More recently, the rights of convicted criminals have moved into the spotlight. Certain unscrupulous lawyers stumbled upon the idea that they could get the EU to assist in punishing the Hungarian government whilst getting rich in the process.
Typically, the EU has laid down the rights of convicted criminals, missing the point that perhaps the rights of convicted criminals should be located lower down on the list of things to do.
Hungary fell foul of the EU’s commands about how many m2 a prisoner was expected to have. Honestly, is this the most earth-shattering item on the agenda? Compensating convicted criminals because their new living quarters are slightly cramped? Surely this is one area where the EU has again lost touch with the general population of member states.
And this is where we see the dividing line between the West and Hungary. In the West, people have been so successfully brainwashed by the liberal elite that they no longer stop to consider whether it’s at all reasonable to spend even the shortest amount of time considering the privations of convicted felons. In Hungary, thankfully, that is not yet the case. In Hungary people were outraged to hear that the state had been ordered to pay compensation to convicted criminals. And why wouldn’t they be outraged? Convicted criminals, with the assistance of unscrupulous lawyers, are securing judgements in the European Court which result in taxpayers’ money being given as a reward to those who are meant to be punished. The idea is absurd.
And the government agreed with the people’s opinion that this is indeed an absurd idea.

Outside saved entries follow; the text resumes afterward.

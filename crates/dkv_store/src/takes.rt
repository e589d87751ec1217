// Messages, taken one after the other.
ghost use Rattle.std.specs.Prelude.{◌≡◌, None, IfOk, IfErr};
ghost use Rattle.dkv_base.specs.Trails.{first_stop};
ghost use Rattle.dkv_store.specs.Stores.{IsTake, IsNotTaken, SameDisks, effective_at};

use crate::answers::Refusal;
use crate::store::Store;
use crate::trail::ITEM_WEIGHT;
use dkv_base::TryCopy;
use dkv_core::{NextDue, Taken};
use dkv_io::Disk;
use std::alloc::Global;

impl<D: Disk> Store<D> {
    /// Takes the message that is due first, and makes room for one settlement of it. Touches no disk. Takes memory for a copy of
    /// the message and for that room.
    pub(crate) fn take_kept(&mut self, alloc: Global, who: u32, at: u64) -> Result<Taken, Refusal>
        requires { first_stop self.old.trail ≡ None }
        ensures taken { IfOk result
            (λ taken. IsTake self.old who (effective_at self.old at) taken self.new) }
        ensures refused { IfErr result
            (λ r. IsNotTaken self.old who (effective_at self.old at) r self.new) }
        ensures disks { SameDisks self.old self.new }
        ensures watches { self.new.core.watches ≡ self.old.core.watches }
    {
        let at = self.core.moment(at);
        let message = match self.core.due(at) {
            NextDue::Message(message) => message.copy(alloc)?,
            NextDue::Nothing { next } => {
                self.core.raise(at);
                return Ok(Taken::Nothing { next });
            }
        };
        let id = message.id;
        if self.trail.passes(ITEM_WEIGHT, self.limit) {
            self.core.raise(at);
            return Err(Refusal::Full {
                trail_bytes: self.trail.weight(),
                limit: self.limit,
            });
        }
        self.trail.add_taken(alloc, who, at, id)?;
        self.core.lease(id);
        self.core.raise(at);
        Ok(Taken::Leased(message))
    }
}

So, in contrast to what would be expected to happen in the West, the Hungarian government launched a national consultation. Again, not something you tend to see in the West.
In Hungary, the government maintains contact between the policies it pursues and the opinion of the majority of the country by regularly asking citizens to state their opinions.

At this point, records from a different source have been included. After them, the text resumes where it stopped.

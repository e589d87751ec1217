// What a store tells of itself.
ghost use Rattle.std.specs.Prelude.{◌≡◌, length};
ghost use Rattle.dkv_base.specs.Messages.{is_out};
ghost use Rattle.dkv_base.specs.State.{visible};
ghost use Rattle.dkv_base.specs.Trails.{weight};
ghost use Rattle.dkv_core.specs.Decisions.{may_ask};
ghost use Rattle.dkv_store.specs.Stores.{effective_at};

use crate::store::Store;
use dkv_atomic::is_visible;
use dkv_base::{Call, MsgId};
use dkv_core::Core;
use dkv_io::Disk;
use dkv_table::Table;

/// Which database it is: its id and its secret, as they stand in both files.
#[derive(Clone, Copy, Debug, PartialEq, Eq)]
pub struct Identity {
    pub id: [u8; 16],
    pub secret: [u8; 32],
}

/// How much there is of a database.
#[derive(Clone, Copy, Debug, PartialEq, Eq)]
pub struct Counts {
    /// The number of the last commit; 0 where there was none.
    pub commits: u64,
    /// How many entries are visible at the greatest moment.
    pub entries: u64,
    /// How many messages wait or are out.
    pub messages: u64,
}

impl<D: Disk> Store<D> {
    /// Which database it is. Takes no memory.
    pub fn identity(&self) -> Identity
        ensures id { result.id ≡ self.now.who.id }
        ensures secret { result.secret ≡ self.now.who.secret }
    {
        Identity {
            id: self.id,
            secret: self.secret,
        }
    }

    /// How much there is. Takes no memory.
    pub fn counts(&self) -> Counts
        ensures commits { result.commits ≡ self.now.core.state.number }
        ensures entries { result.entries
            ≡ length (visible self.now.core.greatest self.now.core.state.entries) }
        ensures messages { result.messages ≡ length self.now.core.state.messages }
    {
        Counts {
            commits: self.core.number(),
            entries: visible_entries(&self.core),
            messages: self.core.queue().len() as u64,
        }
    }

    /// The weight of the term's items, in bytes. Takes no memory.
    pub fn weight(&self) -> u64
        ensures { result ≡ weight self.now.trail }
    {
        self.trail.weight()
    }

    /// The limit of the weight of the term's items, in bytes. Takes no memory.
    pub fn limit(&self) -> u64
        ensures { result ≡ self.now.limit }
    {
        self.limit
    }

    /// How many bytes the records of the used file take, behind its image. Takes no memory.
    pub fn record_bytes(&self) -> u64
        ensures { result ≡ self.now.record_bytes }
    {
        self.record_bytes
    }

    /// The number of the last commit; 0 where there was none. Takes no memory.
    pub fn number(&self) -> u64
        ensures { result ≡ self.now.core.state.number }
    {
        self.core.number()
    }

    /// The effective moment of a call, in milliseconds since 1970. Takes no memory.
    pub fn moment(&self, at: u64) -> u64
        ensures { result ≡ effective_at self.now at }
    {
        self.core.moment(at)
    }

    /// Whether the message was taken and not settled since. Takes no memory.
    pub fn is_out(&self, id: MsgId) -> bool
        ensures { result ≡ is_out id self.now.core.out }
    {
        self.core.is_out(id)
    }

    /// Whether the call may be made: a settlement only of a message that is out. Takes no memory.
    pub fn may_ask(&self, call: &Call) -> bool
        ensures { result ≡ may_ask self.now.core call.now }
    {
        self.core.may_ask(call)
    }
}

// How many entries are visible at the greatest moment.
fn visible_entries(core: &Core) -> u64
    ensures { result ≡ length (visible core.now.greatest core.now.state.entries) }
{
    let at = core.moment(0);
    let table = core.table();
    let all = table.len();
    let mut cursor = table.all();
    let mut count = 0;
    while let Some(entry) = cursor.next() {
        if is_visible(entry, at) {
            prove!(count < all);
            count += 1;
        }
    }
    count as u64
}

The public’s outrage was duly represented in the national consultation. Those members of the Hungarian public who stated an opinion laid down that they didn’t want to see convicted criminals profit while their victims struggled on with ruined lives. The Hungarian public stated that their sense of justice was offended by these compensation cases, and the Hungarian Ministry of Justice duly began work to close the loopholes.
New annexes and extensions were constructed at Hungarian prisons to ensure that no claims for compensation could be lodged on the basis of not enough square metres falling on individual inmates. Then, a bill was submitted to parliament to bring to a close the so-called “prison business”, which had cost Hungarian taxpayers in excess of HUF 10bn over the past three years. With the new bill, payments related to compensation due to prison overcrowding will be redirected to the victims of crimes as opposed to the perpetrators.

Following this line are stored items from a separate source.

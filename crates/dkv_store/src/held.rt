// The files of a store, and what an append and a mend make of them.
ghost use Rattle.std.specs.Prelude.{◌≡◌, ◌⊎◌, ◌<◌, ℕ, length, IsTrue, List, [], ◌∷◌, OnOk, OnErr, MatchResult, Some, None, false, true, is_some, option_map};
ghost use Rattle.dkv_base.specs.State.{State};
ghost use Rattle.dkv_base.specs.Spelling.{record_body};
ghost use Rattle.dkv_io.specs.Causes.{HasCause};
ghost use Rattle.dkv_io.specs.Disks.{Told, AnyBytes};
ghost use Rattle.dkv_journal.specs.Records.{first_layout, laid as laid_of, is_closed_at};
ghost use Rattle.dkv_files.specs.Crashes.{Identity, StatesMove, with_doubt, and_then};
ghost use Rattle.dkv_store.specs.Held.{Hold, Guarded, MayAdd, AddMoves, picked, read_in};

use crate::recall::Recall;
use dkv_base::Commit;
use dkv_files::Pair;
use dkv_io::{Disk, Failed};
use dkv_journal::{Journal, Laid};

/// Which of two files is used.
#[derive(Clone, Copy, Debug, PartialEq, Eq)]
pub struct InUse {
    /// Whether it is the second.
    pub second: bool,
    /// The generation in its header.
    pub generation: u64,
}

/// The first file, as a new database begins in it.
pub const FIRST_USE: InUse = InUse {
    second: false,
    generation: 1,
};

/// The files, where the records of the used one end, and the commit in doubt, which contracts alone see.
#[derive(Drop)]
pub struct Files<D> {
    pub journal: Journal,
    pub in_use: InUse,
    pub doubt: Option<Recall<Commit>>,
    pub used: D,
    pub other: D,
}

impl<D> Files<D> {
    /// Of two files, the records of the one that is used end there, and no commit is in doubt. Takes no memory.
    pub fn of(pair: Pair<D>, in_use: InUse, journal: Journal) -> Files<D>
        ensures journal { result.journal ≡ journal }
        ensures in_use { result.in_use ≡ in_use }
        ensures sure { result.doubt ≡ None }
        ensures used { result.used ≡ picked in_use.second pair.a pair.b }
        ensures other { result.other ≡ picked in_use.second pair.b pair.a }
    {
        let Pair { a, b } = pair;
        let (used, other) = if in_use.second { (b, a) } else { (a, b) };
        Files {
            journal,
            in_use,
            doubt: None,
            used,
            other,
        }
    }

    /// The two files. Takes no memory.
    pub fn into_pair(self) -> Pair<D>
        ensures a { result.a ≡ picked self.in_use.second self.used self.other }
        ensures b { result.b ≡ picked self.in_use.second self.other self.used }
    {
        let Files {
            journal: _,
            in_use,
            doubt: _,
            used,
            other,
        } = self;
        if in_use.second {
            Pair { a: other, b: used }
        } else {
            Pair { a: used, b: other }
        }
    }
}

/// Closes the gate, if it is in doubt.
pub fn mend<D: Disk>(files: &mut Files<D>) -> Result<(), Failed>
    requires named { files.old.journal.in_doubt ≡ is_some files.old.doubt }
    requires within { (file : List ℕ) → D.seen files.old.used ≡ Some file
        → files.old.journal.in_doubt ≡ true → (c : List ℕ) → D.may_leave files.old.used c
        → files.old.journal.place < length c }
    ensures moves { (s : State) (who : Identity) (file other : List ℕ)
        → D.seen files.old.used ≡ Some file → D.seen files.old.other ≡ Some other
        → Hold (D.may_leave files.old.used)
        (Guarded (D.seen files.old.other) (D.may_leave files.old.other)) files.old.journal
        files.old.in_use (option_map (λ d. d.value) files.old.doubt) s who
        → StatesMove D.may_leave D.moment D.left_since (read_in files.old.in_use.second) who
        (with_doubt s (option_map (λ d. d.value) files.old.doubt))
        files.old.used files.old.other files.new.used files.new.other }
    ensures holds { (s : State) (who : Identity) (file : List ℕ) → D.seen files.old.used ≡ Some file
        → Hold (D.may_leave files.old.used)
        (Guarded (D.seen files.old.other) (D.may_leave files.old.other)) files.old.journal
        files.old.in_use (option_map (λ d. d.value) files.old.doubt) s who
        → Hold (D.may_leave files.new.used)
        (Guarded (D.seen files.new.other) (D.may_leave files.new.other)) files.new.journal
        files.new.in_use (option_map (λ d. d.value) files.new.doubt) s who }
    ensures mended { OnOk result ((files.new.journal.in_doubt ≡ false) × (files.new.doubt ≡ None)) }
    ensures doubted { OnErr result ((files.new.journal ≡ files.old.journal)
        × (files.new.doubt ≡ files.old.doubt)) }
    ensures other { files.new.other ≡ files.old.other }
    ensures in_use { files.new.in_use ≡ files.old.in_use }
    ensures told { Told AnyBytes (D.seen files.old.used) (D.seen files.new.used) }
    ensures cause { HasCause (D.faults files.old.used) (D.faults files.new.used) result }
{
    if files.journal.in_doubt {
        files.journal.mend(&mut files.used)?;
        files.doubt = None;
    }
    Ok(())
}

/// Adds the record of a commit, which was laid out.
pub fn add<D: Disk>(files: &mut Files<D>, laid: &Laid, commit: &Commit) -> Result<(), Failed>
    requires sure { files.old.journal.in_doubt ≡ false }
    requires unnamed { files.old.doubt ≡ None }
    requires spelled { laid.now ≡ laid_of first_layout 0 (record_body commit.now) }
    requires closed { (file : List ℕ) → D.seen files.old.used ≡ Some file → (c : List ℕ)
        → D.may_leave files.old.used c → IsTrue (is_closed_at files.old.journal.place c) }
    ensures moves { (s : State) (who : Identity) (file other : List ℕ)
        → D.seen files.old.used ≡ Some file → D.seen files.old.other ≡ Some other
        → Hold (D.may_leave files.old.used)
        (Guarded (D.seen files.old.other) (D.may_leave files.old.other))
        files.old.journal files.old.in_use None s who → MayAdd s commit.now
        → AddMoves D.may_leave D.moment D.left_since files.old.in_use.second who s commit.now
        files.old.used files.old.other files.new.used files.new.other }
    ensures holds { (s : State) (who : Identity) (file : List ℕ) → D.seen files.old.used ≡ Some file
        → Hold (D.may_leave files.old.used)
        (Guarded (D.seen files.old.other) (D.may_leave files.old.other))
        files.old.journal files.old.in_use None s who → MayAdd s commit.now
        → MatchResult result
        (λ _. Hold (D.may_leave files.new.used)
        (Guarded (D.seen files.new.other) (D.may_leave files.new.other)) files.new.journal
        files.new.in_use (option_map (λ d. d.value) files.new.doubt) (and_then s commit.now) who)
        (λ _. Hold (D.may_leave files.new.used)
        (Guarded (D.seen files.new.other) (D.may_leave files.new.other)) files.new.journal
        files.new.in_use (option_map (λ d. d.value) files.new.doubt) s who) }
    ensures named { files.new.journal.in_doubt ≡ is_some files.new.doubt }
    ensures sure { OnOk result (files.new.journal.in_doubt ≡ false) }
    // In doubt is this commit, if one is.
    ensures doubted { OnErr result ((files.new.doubt ≡ None)
        ⊎ (option_map (λ d. d.value) files.new.doubt ≡ Some commit.now)) }
    ensures other { files.new.other ≡ files.old.other }
    ensures in_use { files.new.in_use ≡ files.old.in_use }
    ensures told { Told AnyBytes (D.seen files.old.used) (D.seen files.new.used) }
    ensures cause { HasCause (D.faults files.old.used) (D.faults files.new.used) result }
{
    let Err(failed) = files.journal.append(&mut files.used, laid) else {
        return Ok(());
    };
    if files.journal.in_doubt {
        files.doubt = Some(Recall::of(commit));
    }
    Err(failed)
}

This is where the West differs from Hungary. In Hungary, the government asks the opinion of those who put it into power. Not just every 4 years, but far more regularly. In the West, governments, ever more wary of offending the liberal elite that stand poised to attack all those who step out of line, seek to alter the relationship between populace and parliament. In the West, it really is a case of shepherds leading sheep. Thankfully, over here, we exist in a far more enlightened society.
Convicted criminals are meant to be punished. That is one of the building blocks of our societies. The liberal elite in the EU seek to erode that in addition to other building blocks of our societies. It shouldn’t take a genius to work out what that will eventually lead to. Hungary continues to buck this Western trend. Break the law and you will be punished. And if some sly lawyer finds a way to play the system so that the criminal element benefit from crime, then you can rest assured that, with its finger on the pulse of public opinion, the Hungarian government will set its own lawyers the task of battening down the hatches.
In Hungary, unlike in the West, things still work the way they should.
We all have rights, but in Hungary, the government hasn’t forgotten that it also has obligations.